🤖 AI Summary
Existing audio frontends struggle with harmonic feature extraction due to mismatched inductive biases and poor interpretability. Method: This paper introduces the *combolutional layer*—a time-domain harmonic analysis module that integrates a learnable-delay IIR comb filter with envelope detection, implemented entirely in real-valued arithmetic for low parameter count (<1K), high interpretability, and CPU-efficient inference. It serves as a drop-in replacement for standard convolutional layers and is trained end-to-end.
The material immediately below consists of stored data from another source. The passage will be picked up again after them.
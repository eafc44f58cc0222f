//! When the operations of a block begin: each as soon as the earlier ones on its qubits have ended.
#![tactic(auto)]

mod block;
mod placing;
mod refusal;

pub use block::{Placed, TBlock, TOp};
pub use placing::schedule;
pub use refusal::BoxRefusal;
Contribution/Results: Evaluated on piano transcription, speaker classification, and key detection, the combolutional layer outperforms mainstream spectrogram-based frontends (e.g., Log-Mel, CQT) in harmonic structure modeling while significantly reducing computational overhead. Its core innovation lies in embedding physically grounded comb filtering—rooted in harmonic resonance principles—into a differentiable neural architecture, thereby unifying efficiency, interpretability, and task-specific adaptability.
📝 Abstract
Selecting appropriate inductive biases is an essential step in the design of machine learning models, especially when working with audio, where even short clips may contain millions of samples. To this end, we propose the combolutional layer: a learned-delay IIR comb filter and fused envelope detector, which extracts harmonic features in the time domain. We demonstrate the efficacy of the combolutional layer on three information retrieval tasks, evaluate its computational cost relative to other audio frontends, and provide efficient implementations for training. We find that the combolutional layer is an effective replacement for convolutional layers in audio tasks where precise harmonic analysis is important, e.g., piano transcription, speaker classification, and key detection. Additionally, the combolutional layer has several other key benefits over existing frontends, namely: low parameter count, efficient CPU inference, strictly real-valued computations, and improved interpretability.